Despite his great work behind the camera, Cumming wasn’t even nominated for Best Director: Fiction this year, in an award that’s shared between the small screen and the big screen, but there can’t be any grumbles at the winner. Veteran Scottish director Saul Metzstein took home the prize for his sterling work helming the third series of Apple’s wry spy show Slow Horses. Best Director: Factual went to the mighty Kevin Macdonald for High & Low, his gripping look at the downfall of Dior creative director John Galliano.
Standup Ashley Storrie won two awards. She was named Best Writer alongside Matilda Curtis for their show Dinosaur and won the public vote prize for her lead performance in that same show.
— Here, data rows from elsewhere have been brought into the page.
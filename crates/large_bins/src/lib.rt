//! The large bins of an arena: each in the order of falling sizes. The one promise: a chunk is put where `inserted` of the
//! bin order has it, and the best fit is the smallest that suffices. No call takes memory.
#![tactic(auto)]

mod bins;
mod splices;

pub use bins::{best, forget, insert};
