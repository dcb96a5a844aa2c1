//! Insertion into a large bin, and its best fit.

ghost use Rattle.std.specs.Prelude.{◌≡◌, ℕ, ◌<◌, ◌≤◌, List, ◌∷◌, ◌++◌, IsSome, IfSome, IfNone, map};
ghost use Rattle.std.specs.Option.{option_map};
ghost use Rattle.part_words.specs.Extents.{IsOpen, IsWider};
ghost use Rattle.ordinary_bins.specs.Lists.{bin_count, list_at, times_listed, without};
ghost use Rattle.chunk_tags.specs.Sizes.{large_index_of};
ghost use Rattle.chunk_tags.specs.Tiles.{tile_at};
ghost use Rattle.chunk_tags.specs.BinOrder.{IsFalling, inserted, best_of};
ghost use Rattle.large_bins.specs.FirstChunks.{AreFalling, AreFirsts};
ghost use Rattle.large_bins.specs.SeenChunks.{size_at, chunks_by, bins_by, large_chunks, put_large, HaveTiles};
ghost use Rattle.large_bins.specs.Places.{first_of_size, AllAbove, AllBelow, FitsLast, StopsAt};

use crate::splices::{insert_before, push_back, replace};
use chunk_image::TileWords;
use chunk_tags::{Addr, Size, large_index};
use ordinary_bins::LinkWords;

/// The bytes of a chunk.
fn size_of(tiles: &TileWords, at: Addr) -> u64
    requires { IsSome (tile_at at tiles.now.tiles) }
    ensures { result ≡ size_at tiles.now.tiles at }
{
    tiles.tile(at).size.0
}

/// Puts a free chunk into the large bin for its size: behind all greater chunks, and where its size is there already,
/// as the second of its equals (glibc's `_int_malloc`, where it places an unsorted chunk in a large bin). `firsts` has
/// the first chunk of each size of each large bin, so that a walk passes equals at once (glibc's `fd_nextsize` and
/// `bk_nextsize`).
pub fn insert(
    links: &mut LinkWords,
    firsts: &mut LinkWords,
    tiles: &TileWords,
    at: Addr,
    size: Size,
)
    requires large { 1024 ≤ size }
    requires high { bin_count ≤ at }
    requires word { IsOpen links.old.extent at }
    requires unlisted { times_listed at links.old.lists ≡ 0 }
    requires tile { size_at tiles.now.tiles at ≡ size }
    requires tiles { HaveTiles tiles.now.tiles links.old.lists }
    requires falling { IsFalling (large_chunks tiles.now.tiles size links.old.lists) }
    requires firsts { AreFirsts (bins_by (size_at tiles.now.tiles) links.old.lists)
        firsts.old.lists }
    requires wider { IsWider links.old.extent firsts.old.extent }
    ensures lists { links.new.lists
        ≡ put_large tiles.now.tiles (record { at = at; size = size }) links.old.lists }

    // the chunks of the bin, with the new one, are in order again
    ensures falling { IsFalling (inserted (record { at = at; size = size })
        (large_chunks tiles.now.tiles size links.old.lists)) }
    ensures extent { links.new.extent ≡ links.old.extent }
    ensures firsts { AreFirsts (bins_by (size_at tiles.now.tiles) links.new.lists)
        firsts.new.lists }
    ensures open { firsts.new.extent ≡ firsts.old.extent }
{
    links.laws();
    firsts.laws();
    let bin = large_index(size);
    match first_not_above(links, firsts, tiles, bin, size.0) {
        None => {
            push_back(links, bin, at);
            push_back(firsts, bin, at);
        }
        Some(first) => {
            if size_of(tiles, first) == size.0 {
                links.insert_behind(first, at);
            } else {
                insert_before(links, bin, first, at);
                insert_before(firsts, bin, first, at);
            }
        }
    }
}

/// The first chunk of a bin that isn't greater than a size. `None` where all are, which the last one tells.
fn first_not_above(
    links: &LinkWords,
    firsts: &LinkWords,
    tiles: &TileWords,
    bin: u8,
    size: u64,
) -> Option<Addr>
    requires large { 64 ≤ bin }
    requires bin { bin < bin_count }
    requires tiles { HaveTiles tiles.now.tiles links.now.lists }
    requires falling { IsFalling
        (chunks_by (size_at tiles.now.tiles) (list_at bin links.now.lists)) }
    requires firsts { AreFirsts (bins_by (size_at tiles.now.tiles) links.now.lists)
        firsts.now.lists }
    ensures none { IfNone result
        (AllAbove (size_at tiles.now.tiles) size (list_at bin links.now.lists)) }
    ensures some { IfSome result (StopsAt (size_at tiles.now.tiles) size
        (list_at bin links.now.lists) (list_at bin firsts.now.lists)) }
{
    firsts.laws();
    let last = links.last(bin)?;
    if size < size_of(tiles, last) {
        return None;
    }
    let mut next = firsts.first(bin);
    while let Some(at) = next {
        if size_of(tiles, at) <= size {
            return Some(at);
        }
        next = firsts.next(at);
    }
    None
}

/// Takes a chunk that is to leave its bin from the first chunks of their sizes. Where it is one, the chunk behind it takes its
/// place, if that has its size (glibc's `unlink_chunk`).
pub fn forget(links: &LinkWords, firsts: &mut LinkWords, tiles: &TileWords, at: Addr)
    requires listed { 1 ≤ times_listed at links.now.lists }
    requires tiles { HaveTiles tiles.now.tiles links.now.lists }
    requires falling { AreFalling (bins_by (size_at tiles.now.tiles) links.now.lists) }
    requires firsts { AreFirsts (bins_by (size_at tiles.now.tiles) links.now.lists)
        firsts.old.lists }
    requires wider { IsWider links.now.extent firsts.old.extent }
    ensures firsts { AreFirsts (bins_by (size_at tiles.now.tiles)
        (map (without at) links.now.lists)) firsts.new.lists }
    ensures open { firsts.new.extent ≡ firsts.old.extent }
{
    links.laws();
    firsts.laws();
    if firsts.is_listed(at) {
        match equal_behind(links, tiles, at) {
            None => firsts.unlink(at),
            Some(next) => replace(firsts, at, next),
        }
    }
}

/// The chunk behind another one of its bin, if it has the same size.
fn equal_behind(links: &LinkWords, tiles: &TileWords, at: Addr) -> Option<Addr>
    requires listed { 1 ≤ times_listed at links.now.lists }
    requires tiles { HaveTiles tiles.now.tiles links.now.lists }
    ensures { (bin : ℕ) (front back : List ℕ) → bin < bin_count
        → list_at bin links.now.lists ≡ front ++ at ∷ back
        → result ≡ first_of_size (size_at tiles.now.tiles) (size_at tiles.now.tiles at) back }
{
    links.laws();
    let next = links.next(at)?;
    if size_of(tiles, next) == size_of(tiles, at) {
        Some(next)
    } else {
        None
    }
}

/// The smallest chunk of the large bin for this size that is as large; of several equals the second, which leaves the
/// first where it is (glibc's `_int_malloc`, the search of the request's own large bin). `None` exactly where no chunk
/// of the bin fits.
pub fn best(links: &LinkWords, firsts: &LinkWords, tiles: &TileWords, nb: Size) -> Option<Addr>
    requires large { 1024 ≤ nb }
    requires tiles { HaveTiles tiles.now.tiles links.now.lists }
    requires falling { IsFalling (large_chunks tiles.now.tiles nb links.now.lists) }
    requires firsts { AreFirsts (bins_by (size_at tiles.now.tiles) links.now.lists)
        firsts.now.lists }
    ensures { result
        ≡ option_map (λ c. c.at) (best_of nb (large_chunks tiles.now.tiles nb links.now.lists)) }
{
    let first = last_fitting(firsts, tiles, large_index(nb), nb.0)?;
    Some(equal_behind(links, tiles, first).unwrap_or(first))
}

/// The last chunk of a bin that has this size at least.
fn last_fitting(links: &LinkWords, tiles: &TileWords, bin: u8, nb: u64) -> Option<Addr>
    requires bin { bin < bin_count }
    requires tiles { HaveTiles tiles.now.tiles links.now.lists }
    ensures none { IfNone result
        (AllBelow (size_at tiles.now.tiles) nb (list_at bin links.now.lists)) }
    ensures last { IfSome result
        (FitsLast (size_at tiles.now.tiles) nb (list_at bin links.now.lists)) }
{
    links.laws();
    let mut next = links.last(bin);
    while let Some(at) = next {
        if nb <= size_of(tiles, at) {
            return Some(at);
        }
        next = links.before(at);
    }
    None
}
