// A port that there is, by its place among them: what a PortId comes to once it is known to be one.
ghost use Rattle.std.specs.Prelude.{◌≡◌, ◌+◌, ◌%◌, ◌<◌, ◌≤◌, MatchResult};
ghost use Rattle.model.specs.Buffers.{ports};

use crate::buffer::PORTS;
use crate::{PortId, Refusal};

// 0 to 7 (rule 1.1).
#[derive(Clone, Copy)]
pub struct PortIndex {
    index: usize,
    ghost in_range: { index < ports },
}

// Any other number is refused (rule 7.2).
impl TryFrom<PortId> for PortIndex {
    type Error = Refusal;

    ghost use Rattle.model.specs.declared.Refusal.{Refusal};

    ghost try_from_gives = { λ port r. MatchResult r (λ k. (k.index ≡ port.0) × (port.0 < ports)) (λ e. (e ≡ Refusal.NoPort) × (ports ≤ port.0)) };

    fn try_from(port: PortId) -> Result<PortIndex, Refusal> {
        let index = port.0 as usize;
        if index < PORTS {
            return Ok(PortIndex { index });
        }
        Err(Refusal::NoPort)
    }
}

impl PortIndex {
    ghost use Rattle.model.specs.Deeds.{port_after};
    ghost use Rattle.model.specs.Turn.{port_id};

    // The port at this place.
    pub fn new(index: usize) -> PortIndex
        requires { index < ports }
        ensures { result.index ≡ index }
    {
        PortIndex { index }
    }

    // Its place.
    pub fn get(self) -> usize
        ensures { result ≡ self.index }
    {
        self.index
    }

    // Its number, as the host is told it.
    pub fn id(self) -> PortId
        ensures { result ≡ port_id self.index }
    {
        PortId(self.index as u32)
    }

    // The port so many after it; the first follows the last.
    pub fn after(self, n: usize) -> PortIndex
        requires { n ≤ ports }
        ensures { result.index ≡ (self.index + n) % ports }
    {
        PortIndex {
            index: (self.index + n) % PORTS,
        }
    }

    // The port after it (rule 5.4).
    pub fn next(self) -> PortIndex
        ensures { result.index ≡ port_after self.index }
    {
        self.after(1)
    }
}
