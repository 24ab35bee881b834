// The host's result of a request that its disk does not support (rule 6.10).
pub const NOT_SUPPORTED: i64 = -95;
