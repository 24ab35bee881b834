// The numbers of the buffers that the host lends.
use crate::limit::{FRAMES, PLAN_WORDS};

// Ports of a backend, one guest disk each (rule 1.1).
pub const PORTS: usize = 8;

// A page. Each port's share of the ring buffer, which has room for two, and the whole of it (rule 1.3).
pub const PAGE_BYTES: usize = 4096;

pub const RING_SHARE: usize = 2 * PAGE_BYTES;

pub const RINGS_BYTES: usize = PORTS * RING_SHARE;

// Each port's share of the grant buffer, a byte to a frame, and the whole of it (rule 1.4).
pub const PORT_GRANTS: usize = FRAMES as usize;

pub const GRANTS_BYTES: usize = PORTS * PORT_GRANTS;

// A turn's answer: all words, and where those of the extents stand among them (rule 14.7).
pub const TURN_WORDS: usize = 64;

pub const TURN_EXTENTS: usize = 16;

pub const TURN_EXTENTS_END: usize = TURN_EXTENTS + PLAN_WORDS;

// The words of a completion's answer (rule 14.8).
pub const DONE_WORDS: usize = 4;

// The words of the answer to a list of completions (rule 14.15).
pub const MANY_WORDS: usize = 68;

// The word of the answer to joining (rule 17.16).
pub const JOIN_WORDS: usize = 1;

// What a guest lends: its page, its own memory, a request, and words for the two answers (rules 16.1 and 16.16 to 16.19).
pub const GUEST_PAGE_BYTES: usize = PAGE_BYTES;

pub const GUEST_WORDS: usize = 67;

pub const REQUEST_WORDS: usize = 41;

pub const PUT_WORDS: usize = 1;

pub const COLLECT_WORDS: usize = 4;
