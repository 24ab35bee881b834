// The grant bytes that allow something: the backend may read the frame, or read and write it.
pub const READ: u8 = 1;

pub const READ_WRITE: u8 = 2;
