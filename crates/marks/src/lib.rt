// The marks of a port's busy tags: one word, a bit to a tag. How many requests they leave room for.
#![tactic(auto)]

ghost use Rattle.std.specs.Prelude.{◌≡◌, true, false, not, ◌+◌, ◌<◌, ◌≤◌, leb, ltb};
ghost use Rattle.model.specs.Base.{least};
ghost use Rattle.model.specs.Port.{busy_bits, is_busy, set_busy, clear_busy, in_flight_of};
ghost use Rattle.model.specs.Ring.{page_slots, ring_for};
ghost use Rattle.model.specs.declared.Abi.{Abi};

use layout::{PAGE_SLOTS, ring_size};
use model::{Pages, TagIndex};

// The lowest tag whose mark is clear: 64 where all are set.
pub fn lowest_free(marks: u64) -> u32
    ensures { result ≡ least busy_bits (λ t. not (is_busy marks t)) }
{
    (!marks).trailing_zeros()
}

pub fn is_busy(marks: u64, t: TagIndex) -> bool
    ensures { result ≡ is_busy marks t.index }
{
    (marks >> t.get()) % 2 == 1
}

// A sum and no `|`: the definition is a sum, and the mark was clear.
pub fn set_mark(marks: u64, t: TagIndex) -> u64
    requires { is_busy marks t.index ≡ false }
    ensures { result ≡ set_busy marks t.index }
{
    marks + (1u64 << t.get())
}

pub fn clear_mark(marks: u64, t: TagIndex) -> u64
    requires { is_busy marks t.index ≡ true }
    ensures { result ≡ clear_busy marks t.index }
{
    marks - (1u64 << t.get())
}

// How many tags are busy.
pub fn in_flight(marks: u64) -> u32
    ensures { result ≡ in_flight_of marks }
{
    marks.count_ones()
}

// Whether all marks are below n: then at most n tags are busy, and none has to be counted. The lowest free tag is used
// first, so they often are.
fn all_below(marks: u64, n: u32) -> bool
    requires { n < busy_bits }
    ensures { result ≡ true → in_flight_of marks ≤ n }
{
    marks >> n == 0
}

// Whether at most n tags are busy.
pub fn at_most(marks: u64, n: u32) -> bool
    requires { n < busy_bits }
    ensures { result ≡ leb (in_flight_of marks) n }
{
    all_below(marks, n) || in_flight(marks) <= n
}

// Whether one page has room for a distance d beside the requests in flight, as far as that is seen without counting.
// Then every ring has.
fn fits_one_page(marks: u64, d: u32) -> bool
    requires { d ≡ 0 → ⊥ }
    ensures { result ≡ true → d + in_flight_of marks ≤ page_slots }
{
    d <= PAGE_SLOTS && all_below(marks, PAGE_SLOTS - d)
}

// Whether a distance d is more than the ring has room for beside the requests in flight. How many pages it has is
// looked at only where one is too few.
pub fn overruns(pages: Pages, marks: u64, d: u32) -> bool
    requires { d ≡ 0 → ⊥ }
    ensures { (abi : Abi) → result ≡ ltb (ring_for abi pages).size (d + in_flight_of marks) }
{
    if fits_one_page(marks, d) {
        return false;
    }
    let size = ring_size(pages);
    if size < d {
        return true;
    }
    !at_most(marks, size - d)
}
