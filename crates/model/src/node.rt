// The nodes of a sheet. They are also places in the array of its values, so they are usize.
pub const MODE: usize = 1;

pub const BARRIER: usize = 2;

pub const FLUSH: usize = 3;

pub const DISCARD: usize = 4;

pub const DISCARD_SECURE: usize = 5;

pub const SECTOR_SIZE: usize = 6;

pub const SECTORS: usize = 7;

pub const PROTOCOL: usize = 8;

pub const RING_PAGE_ORDER: usize = 9;

// The places of that array. There is no node 0.
pub const PLACES: usize = RING_PAGE_ORDER + 1;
During her speech for Best Writer, Storrie gave a sweet call out to her late mother, Janey Godley, who died earlier this month after a long fight with cancer. She told a story of sneaking into the BAFTAs with Godley when she was just 15. “We went to the afterparty,” recalls Storrie, “and a lady came up and said who are you? My mum said ‘Elaine C Smith’, and the lady just just went, 'Oh, OK'.”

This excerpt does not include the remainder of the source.